錢建業從兒子的手里拿過筷子,看著兒子一臉饜足砸吧著嘴,心里各種的狐疑。
「嗯——」終于還是有了行動,當筷子帶著熱好的剩菜進入口中之後,錢建業發出了認可的聲音,「小子,你廚藝長進呀!」
「我哪兒有這兩下子呀!」錢嘯倒是不貪功。
「你們出去野營不都是你下廚嗎?」錢建業蹙眉,只是筷子上的動作一點都沒停。
「那是不堪回首的老黃歷了!」想想自己只會煮面條的功力就覺得日子過的悲催,錢嘯若有所思的搭上了錢建業的肩膀,「爸,有這樣的廚藝當我們老錢的媳婦兒是沒問題的吧!」
「太沒問題了,這水平好像比你媽還高點!」錢建業這是吃人家的嘴軟,就知道一門心思的認可了,只覺得兒子是在探討以後娶媳婦的標準,根本沒和真正的做菜人聯系起來。

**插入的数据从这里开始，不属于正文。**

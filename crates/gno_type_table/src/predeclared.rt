// What `error` is.
ghost use Rattle.std.specs.Prelude.{◌≡◌, IfOk};
ghost use Rattle.gno_terms.specs.Tables.{Grows, Is, error_interface};
ghost use Rattle.gno_type_table.specs.ErrorParts.{error_function, text_type};

use gno_base::{Bytes, Kind, List};
use gno_terms::{Method, Term, TypeRef};
use gno_type_rows::Rows;
use std::alloc::{AllocError, Global};

/// Adds the interface type that the predeclared type `error` has. Go specification, "Errors".
pub(crate) fn error_interface(alloc: Global, rows: &mut Rows) -> Result<TypeRef, AllocError>
    ensures is { IfOk result (λ t. Is rows.new t error_interface) }
    ensures definitions { rows.new.definitions ≡ rows.old.definitions }
{
    let text = text_type(rows)?;
    let function = error_function(alloc, rows, text)?;
    interface_of(alloc, rows, function)
}

fn text_type(rows: &mut Rows) -> Result<TypeRef, AllocError>
    ensures is { IfOk result (λ t. Is rows.new t text_type) }
    ensures definitions { rows.new.definitions ≡ rows.old.definitions }
{
    rows.intern(Term::Basic(Kind::Text))
}

// `func() string`
fn error_function(alloc: Global, rows: &mut Rows, text: TypeRef) -> Result<TypeRef, AllocError>
    requires { Is rows.old text text_type }
    ensures is { IfOk result (λ t. Is rows.new t error_function) }
    ensures definitions { rows.new.definitions ≡ rows.old.definitions }
{
    let results = List::from_slice(alloc, &[text])?;
    rows.intern(Term::Function {
        params: List::new(alloc),
        variadic: false,
        results,
    })
}

// `interface { Error() string }`
fn interface_of(alloc: Global, rows: &mut Rows, function: TypeRef) -> Result<TypeRef, AllocError>
    requires { Is rows.old function error_function }
    ensures is { IfOk result (λ t. Is rows.new t error_interface) }
    ensures definitions { rows.new.definitions ≡ rows.old.definitions }
{
    let mut methods = List::new(alloc);
    methods.push(Method {
        name: Bytes::from_slice(alloc, b"Error")?,
        package: Bytes::new(alloc),
        of: function,
        pointer: false,
    })?;
    rows.intern(Term::Interface(methods))
}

「有眼光!」錢嘯果斷的給錢建業豎起了大拇指,「你這未來兒媳婦的菜也嘗過了,你有有個什麼事兒你可要照應著點兒了!」
咳咳——
錢建業差點兒沒被嗆死,這小子是存心要算計老子啊!
「您別激動啊!」錢嘯動作麻利給錢建業遞上了水,「這兒媳婦的事兒絕對是以後的,還必須是名牌大學的名牌學生,放心吧,你兒子是絕對有眼光的!」
「嘯嘯,你現在是學生,一切都要以學業為重。只要是有利于學習的事情我和你媽都是不會反對的,要是學習成績下來了,我看什麼都不好說了!」錢建業點到即止的威脅著,可聲音里依舊透著濃濃的父愛。
「明白!」錢嘯說著已經把盤子端了起來。
「去哪?」錢建業對盤子里的菜還有些意猶未盡的感覺。
「吃人家的都不嘴軟,我看你還是去睡覺吧,這點兒都是我的了!」看著老爸筷子不停的飛舞,錢嘯早就心疼了,這可是米多多第一次在他面前展示廚藝,吃一口就少一口了。
「你小子怎麼這麼小氣呢!」錢建業有些最後品了品筷子稍上的味道,對兒子的不耿直有些郁悶。
「你想吃讓你媳婦兒給你做去!」錢嘯飛了錢建業一眼就鑽進了自己的房間,也不知道下次吃到米蟲做的才會是什麼時候了,真是各種的舍不得呀!
呃——
這話听著怎麼這麼別扭呢?感覺那些菜真是小崽子的媳婦兒做的一樣,太詭異了!
錢建業搖頭笑了笑,感覺自己也學會老婆的胡思亂想了。丟掉手里的筷子,錢建業回了自己的房間。這會兒讓媳婦兒做什麼夜宵是不現實的了,但是偷點兒福利享受還是沒問題的。
「討厭!」
隔壁傳來婁貝怡女士的嗔怪,錢嘯搖著腦袋開始感嘆錢建業同志的生活幸福了!看著被老爸蠶食了大半的剩菜,錢嘯心里真是財迷般的心疼,希望以後真的可以天天吃到米蟲做的飯菜,那就真的幸福了!